Scalability depends on how effectively the backend handles multiple concurrent requests. A high-level concurrency formula might show that maximum concurrency is limited by the product of each request’s duration and the available resources:
Max_Concurrent = (Threads or Connections) / (Average_Req_Duration)
When load becomes too high, new instances may be started or network traffic can be routed differently (horizontal scaling). Some services implement asynchronous I/O (e.g., Node.js, Go, or async frameworks in Python/Java) to handle many connections efficiently.

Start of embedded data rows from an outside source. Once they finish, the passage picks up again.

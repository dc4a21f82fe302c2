ghost use Rattle.std.specs.Prelude.{◌≡◌, IfOk};
ghost use Rattle.od_keeper.specs.Images.{applied};
ghost use Rattle.od_keeper.specs.Keeping.{Commits, HasKeeperCause};
ghost use Rattle.od_keeper.specs.Undisturbed.{Undisturbed};

use od_keeper::{Change, Image, Keeper, KeeperFault, applied};
use std::alloc::Global;

/// Commits a change of the kept image, and gives the image with it.
pub fn commit<K: Keeper>(
    alloc: Global,
    keeper: &mut K,
    image: &Image,
    change: &Change,
) -> Result<Image, KeeperFault>
    ensures next { IfOk result (λ next. next ≡ applied change.now image.now) }
    ensures images { Commits change.now (K.images keeper.old) (K.images keeper.new) result }
    ensures cause { HasKeeperCause (K.faults keeper.old) (K.faults keeper.new) result }
    ensures undisturbed { Undisturbed (K.undisturbed keeper.old) (K.undisturbed keeper.new) (K.faults keeper.old) (K.faults keeper.new) }
{
    let next = applied(alloc, change, image)?;
    match keeper.commit(change) {
        Ok(()) => Ok(next),
        Err(fault) => Err(fault),
    }
}
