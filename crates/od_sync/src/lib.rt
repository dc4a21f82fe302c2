//! The sync of a local folder with a drive, phase by phase.
#![tactic(auto)]

mod agreeing;
mod changing;
mod committing;
mod comparing;
mod delta;
mod doing;
mod ends;
mod fetching;
mod laws;
mod looking;
mod planning;
mod pulling;
mod receiving;
mod rounds;
mod scanning;
mod syncing;
mod waiting;

pub use agreeing::agree;
pub use changing::pull_change;
pub use committing::commit;
pub use comparing::is_same;
pub use delta::{DeltaFault, ask_delta};
pub use ends::{SyncEnd, SyncStop};
pub use fetching::do_plan;
pub use laws::{
    a_first_pull_mirrors_the_drive, a_fresh_plan_makes_the_drives_tree, a_pull_mirrors_the_drive,
    syncs_change_nothing, the_same_entries_are_the_same_trees,
    the_same_trees_have_the_same_entries,
};
pub use looking::{Sides, look};
pub use planning::{Fetching, Plan, make_plan};
pub use pulling::{PullStop, pull};
pub use scanning::{FolderFault, Node, scan};
pub use syncing::sync_now;
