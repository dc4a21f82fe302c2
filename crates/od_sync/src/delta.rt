ghost use Rattle.std.specs.Prelude.{◌≡◌, ◌&&◌, ◌∷◌, [], true, length, nat_lt, Some, None, IfOk, IfErr, IsErrOf};
ghost use Rattle.std.specs.List.{list_all};
ghost use Rattle.gd_item.specs.Written.{IsWritten, is_token_byte};
ghost use Rattle.od_transfer.specs.Asking.{is_last_link, may_answer_delta};
ghost use Rattle.od_transfer.specs.Undisturbed.{Undisturbed, MayBeServed};
ghost use Rattle.od_sync.specs.Deltas.{AsksDelta, DeltaAsks, HasDeltaCause, SendsOnce, HasSendCause, is_delta, is_written_token, page_in};

use gd_item::{Page, Reply, Request};
use gd_names::{NoMemory, Text};
use od_transfer::{AskFault, Remote};
use std::alloc::Global;
use thiserror::Error;

/// Why there is no page of changes.
#[derive(Clone, Copy, Debug, PartialEq, Eq, Error)]
pub enum DeltaFault {
    #[error("three sends had no reply")]
    LinkFault,
    /// Some of three sends had the reply that the drive lacks memory, and the others had none.
    #[error("the drive lacks memory")]
    Unserved,
    #[error("out of memory")]
    Memory,
}

impl From<NoMemory> for DeltaFault {
    ghost use Rattle.od_sync.specs.declared.delta.DeltaFault.TheVariants.{Memory};

    ghost from_gives = { λ _ fault. fault ≡ Memory };

    fn from(_error: NoMemory) -> DeltaFault {
        DeltaFault::Memory
    }
}

/// The page of a reply, and None where the drive lacks memory.
fn page_in(reply: Reply) -> Option<Page>
    requires { may_answer_delta reply ≡ true }
    ensures { page_in reply ≡ Some result }
{
    match reply {
        Reply::Page(page) => Some(page),
        Reply::Refused { .. } => None,
        _ => unreachable!(),
    }
}

fn is_token_byte(byte: u8) -> bool
    ensures { result ≡ is_token_byte byte }
{
    matches!(byte, b'A'..=b'Z' | b'a'..=b'z' | b'0'..=b'9' | b'.')
}

fn are_token_bytes(text: &[u8]) -> bool
    ensures { result ≡ list_all is_token_byte text.now }
{
    for byte in text {
        if !is_token_byte(*byte) {
            return false;
        }
    }
    true
}

fn is_token_text(text: &[u8]) -> bool
    ensures { result ≡ (nat_lt 0 (length text.now) && list_all is_token_byte text.now) }
{
    if text.is_empty() {
        return false;
    }
    are_token_bytes(text)
}

/// Whether a request for changes can carry a token.
fn is_written_token(token: &Option<Text>) -> bool
    ensures { result ≡ is_written_token token.now }
{
    match token {
        Some(text) => is_token_text(text.as_bytes()),
        None => true,
    }
}

/// Sends a request for changes once. Without a page it says how many replies came, of which there is one at most.
fn send_delta<R: Remote>(
    remote: &mut R,
    alloc: Global,
    request: &Request,
) -> Result<Result<Page, u64>, NoMemory>
    requires delta { is_delta request.now ≡ true }
    requires written { IsWritten request.now }
    ensures log { SendsOnce request.now (R.log remote.old) (R.log remote.new) result }
    ensures cause { HasSendCause (R.faults remote.old) (R.faults remote.new) (R.answers remote.old) (R.answers remote.new) (R.in_row remote.old) (R.in_row remote.new) result }
    ensures undisturbed { Undisturbed (R.undisturbed remote.old) (R.undisturbed remote.new) (R.log remote.old) (R.log remote.new) }
    ensures no_faults { R.undisturbed remote.old ≡ true → MayBeServed request.now (R.log remote.old) → R.faults remote.new ≡ R.faults remote.old }
{
    match remote.ask(alloc, request) {
        Ok(reply) => match page_in(reply) {
            Some(page) => Ok(Ok(page)),
            None => Ok(Err(1)),
        },
        Err(AskFault::Failed) => Ok(Err(0)),
        Err(AskFault::Memory) => Err(NoMemory),
    }
}

fn send_again<R: Remote>(
    remote: &mut R,
    alloc: Global,
    request: &Request,
) -> Result<Page, DeltaFault>
    requires delta { is_delta request.now ≡ true }
    requires written { IsWritten request.now }
    ensures log { DeltaAsks request.now (R.log remote.old) (R.log remote.new) result }
    ensures cause { HasDeltaCause (R.faults remote.old) (R.faults remote.new) (R.answers remote.old) (R.answers remote.new) (R.in_row remote.new) result }
    ensures undisturbed { Undisturbed (R.undisturbed remote.old) (R.undisturbed remote.new) (R.log remote.old) (R.log remote.new) }
    ensures no_faults { R.undisturbed remote.old ≡ true → MayBeServed request.now (R.log remote.old) → R.faults remote.new ≡ R.faults remote.old }
{
    let mut replies: u64 = 0;
    for _sent in 0u64..3 {
        let sent = send_delta(remote, alloc, request)?;
        match sent {
            Ok(page) => return Ok(page),
            Err(more) => replies += more,
        }
    }
    if replies == 0 {
        Err(DeltaFault::LinkFault)
    } else {
        Err(DeltaFault::Unserved)
    }
}

/// Asks for the changes since a token, or for everything. The request is sent again after a failure, and where the
/// drive lacks memory, three times in all. No request is made that cannot carry its token: that ends as want of memory does.
pub fn ask_delta<R: Remote>(
    remote: &mut R,
    alloc: Global,
    token: Option<Text>,
) -> Result<Page, DeltaFault>
    ensures log { DeltaAsks (Request.Delta token) (R.log remote.old) (R.log remote.new) result }
    ensures asks { AsksDelta (IsErrOf result DeltaFault.Memory) token (R.log remote.old) (R.log remote.new) }
    ensures cause { HasDeltaCause (R.faults remote.old) (R.faults remote.new) (R.answers remote.old) (R.answers remote.new) (R.in_row remote.new) result }
    ensures undisturbed { Undisturbed (R.undisturbed remote.old) (R.undisturbed remote.new) (R.log remote.old) (R.log remote.new) }
    ensures no_faults { R.undisturbed remote.old ≡ true → MayBeServed (Request.Delta token) (R.log remote.old) → R.faults remote.new ≡ R.faults remote.old }
{
    if !is_written_token(&token) {
        return Err(DeltaFault::Memory);
    }
    let request = Request::Delta { token };
    send_again(remote, alloc, &request)
}
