ghost use Rattle.std.specs.Prelude.{◌≡◌, ◌&&◌, cond, not, IfOk};
ghost use Rattle.std.specs.Option.{option_copied};
ghost use Rattle.od_tree.specs.Local.{is_from};
ghost use Rattle.od_sync.specs.Planning.{file_in, folder_in, has_file_above, is_agreed_kind, is_file_above, is_free, is_new, is_new_below, is_wanted, planned_fetches, planned_folders, row_on};

use crate::agreeing::{entry_on, push_if_some};
use crate::scanning::Node;
use gd_item::{Digest, Item, ItemId, Kind};
use gd_names::{List, NoMemory, Path};
use od_keeper::{Agreed, BaseRow};
use std::alloc::{AllocError, Global};

/// A file that is to be fetched to a path.
#[derive(Debug, Drop)]
pub struct Fetching {
    pub path: Path,
    pub id: ItemId,
    pub digest: Digest,
    /// In bytes.
    pub size: u64,
}

/// What is to be done in the local folder, each in order of path.
#[derive(Debug, Drop)]
pub struct Plan {
    pub folders: List<Path>,
    pub fetches: List<Fetching>,
}

fn is_agreed_kind(what: Agreed, kind: Kind) -> bool
    ensures { result ≡ is_agreed_kind what kind }
{
    match (what, kind) {
        (Agreed::Folder, Kind::Folder { .. }) => true,
        (Agreed::File(digest), Kind::File { digest: other }) => digest == other,
        _ => false,
    }
}

fn row_on<'a>(rows: &'a [BaseRow], path: &Path) -> Option<&'a BaseRow>
    ensures { option_copied result ≡ row_on rows.now path.now }
{
    for row in rows {
        if row.path == *path {
            return Some(row);
        }
    }
    None
}

fn is_file_above(path: &Path, entry: &(Path, Node)) -> bool
    ensures { result ≡ is_file_above path.now entry.now }
{
    match entry.1 {
        Node::Folder => false,
        Node::File(_) => path.names().starts_with(entry.0.names()),
    }
}

fn has_file_above(local: &[(Path, Node)], path: &Path) -> bool
    ensures { result ≡ has_file_above local.now path.now }
{
    for entry in local {
        if is_file_above(path, entry) {
            return true;
        }
    }
    false
}

fn is_free(local: &[(Path, Node)], entry: &(Path, Item)) -> bool
    ensures { result ≡ is_free local.now entry.now }
{
    entry_on(local, &entry.0).is_none() && !has_file_above(local, &entry.0)
}

fn is_new(rows: &[BaseRow], local: &[(Path, Node)], entry: &(Path, Item)) -> bool
    ensures { result ≡ is_new rows.now local.now entry.now }
{
    if !is_free(local, entry) {
        return false;
    }
    match row_on(rows, &entry.0) {
        Some(row) => !is_agreed_kind(row.what, entry.1.kind),
        None => true,
    }
}

/// Whether an entry is new and is the one at a path or below it.
fn is_new_from(rows: &[BaseRow], local: &[(Path, Node)], top: &Path, entry: &(Path, Item)) -> bool
    ensures { result ≡ (is_from top.now entry.now.0 && is_new rows.now local.now entry.now) }
{
    entry.0.names().starts_with(top.names()) && is_new(rows, local, entry)
}

fn is_new_below(
    rows: &[BaseRow],
    local: &[(Path, Node)],
    remote: &[(Path, Item)],
    top: &Path,
) -> bool
    ensures { result ≡ is_new_below rows.now local.now remote.now top.now }
{
    for entry in remote {
        if is_new_from(rows, local, top, entry) {
            return true;
        }
    }
    false
}

/// Whether an entry is to be made, for its own sake or for what is below it.
fn is_wanted(
    rows: &[BaseRow],
    local: &[(Path, Node)],
    remote: &[(Path, Item)],
    entry: &(Path, Item),
) -> bool
    ensures { result ≡ is_wanted rows.now local.now remote.now entry.now }
{
    is_free(local, entry) && is_new_below(rows, local, remote, &entry.0)
}

fn folder_in(entry: &(Path, Item)) -> Result<Option<Path>, AllocError>
    ensures { IfOk result (λ folder. folder ≡ folder_in entry.now entry.now.1.kind) }
{
    match entry.1.kind {
        Kind::Folder { .. } => Ok(Some(entry.0.clone()?)),
        Kind::File { .. } => Ok(None),
        Kind::Bare => Ok(None),
        Kind::Deleted => Ok(None),
    }
}

fn wanted_folder(
    rows: &[BaseRow],
    local: &[(Path, Node)],
    remote: &[(Path, Item)],
    entry: &(Path, Item),
) -> Result<Option<Path>, AllocError>
    ensures { IfOk result (λ folder. folder ≡ cond (is_wanted rows.now local.now remote.now entry.now) (folder_in entry.now entry.now.1.kind) None) }
{
    if is_wanted(rows, local, remote, entry) {
        Ok(folder_in(entry)?)
    } else {
        Ok(None)
    }
}

fn plan_folders(
    alloc: Global,
    rows: &[BaseRow],
    local: &[(Path, Node)],
    remote: &[(Path, Item)],
) -> Result<List<Path>, NoMemory>
    ensures { IfOk result (λ folders. folders ≡ planned_folders rows.now local.now remote.now) }
{
    let mut folders = List::new(alloc);
    for entry in remote {
        let folder = wanted_folder(rows, local, remote, entry)?;
        push_if_some(&mut folders, folder)?;
    }
    Ok(folders)
}

fn file_in(entry: &(Path, Item)) -> Result<Option<Fetching>, AllocError>
    ensures { IfOk result (λ file. file ≡ file_in entry.now entry.now.1.kind) }
{
    match entry.1.kind {
        Kind::Folder { .. } => Ok(None),
        Kind::File { digest } => Ok(Some(Fetching {
            path: entry.0.clone()?,
            id: entry.1.id,
            digest,
            size: entry.1.size,
        })),
        Kind::Bare => Ok(None),
        Kind::Deleted => Ok(None),
    }
}

fn new_file(
    rows: &[BaseRow],
    local: &[(Path, Node)],
    entry: &(Path, Item),
) -> Result<Option<Fetching>, AllocError>
    ensures { IfOk result (λ file. file ≡ cond (is_new rows.now local.now entry.now) (file_in entry.now entry.now.1.kind) None) }
{
    if is_new(rows, local, entry) {
        Ok(file_in(entry)?)
    } else {
        Ok(None)
    }
}

fn plan_fetches(
    alloc: Global,
    rows: &[BaseRow],
    local: &[(Path, Node)],
    remote: &[(Path, Item)],
) -> Result<List<Fetching>, NoMemory>
    ensures { IfOk result (λ fetches. fetches ≡ planned_fetches rows.now local.now remote.now) }
{
    let mut fetches = List::new(alloc);
    for entry in remote {
        let file = new_file(rows, local, entry)?;
        push_if_some(&mut fetches, file)?;
    }
    Ok(fetches)
}

/// What is to be done in the local folder for it to have what the drive has.
pub fn make_plan(
    alloc: Global,
    rows: &[BaseRow],
    local: &[(Path, Node)],
    remote: &[(Path, Item)],
) -> Result<Plan, NoMemory>
    ensures folders { IfOk result (λ plan. plan.folders ≡ planned_folders rows.now local.now remote.now) }
    ensures fetches { IfOk result (λ plan. plan.fetches ≡ planned_fetches rows.now local.now remote.now) }
{
    let folders = plan_folders(alloc, rows, local, remote)?;
    let fetches = plan_fetches(alloc, rows, local, remote)?;
    Ok(Plan { folders, fetches })
}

Most production APIs use HTTPS (HTTP over TLS) to encrypt traffic between client and server. This protects data from eavesdropping or tampering. Certificates are issued by Certificate Authorities, and the server’s certificate is validated by the client.
Backend infrastructure often sits behind firewalls, which block unwanted traffic. Cloud environments (AWS, Azure, GCP) provide Security Groups or Network Access Control Lists (ACLs) to limit inbound traffic to specific ports or IP addresses.
Tokens (JWT, OAuth2), API keys, or session cookies are typically included in request headers to authenticate callers. Authorization logic checks what the caller is allowed to do.
APIs usually serve data in JSON because it is widely supported and human-readable. XML is common in certain enterprise contexts, while Protocol Buffers and other binary formats offer high performance in microservice architectures.
HTTP compression (gzip, Brotli) reduces payload size. Caching can take place at client, proxy, or server levels, using headers like Cache-Control and ETag to control validity. This can drastically lower bandwidth usage and reduce server load.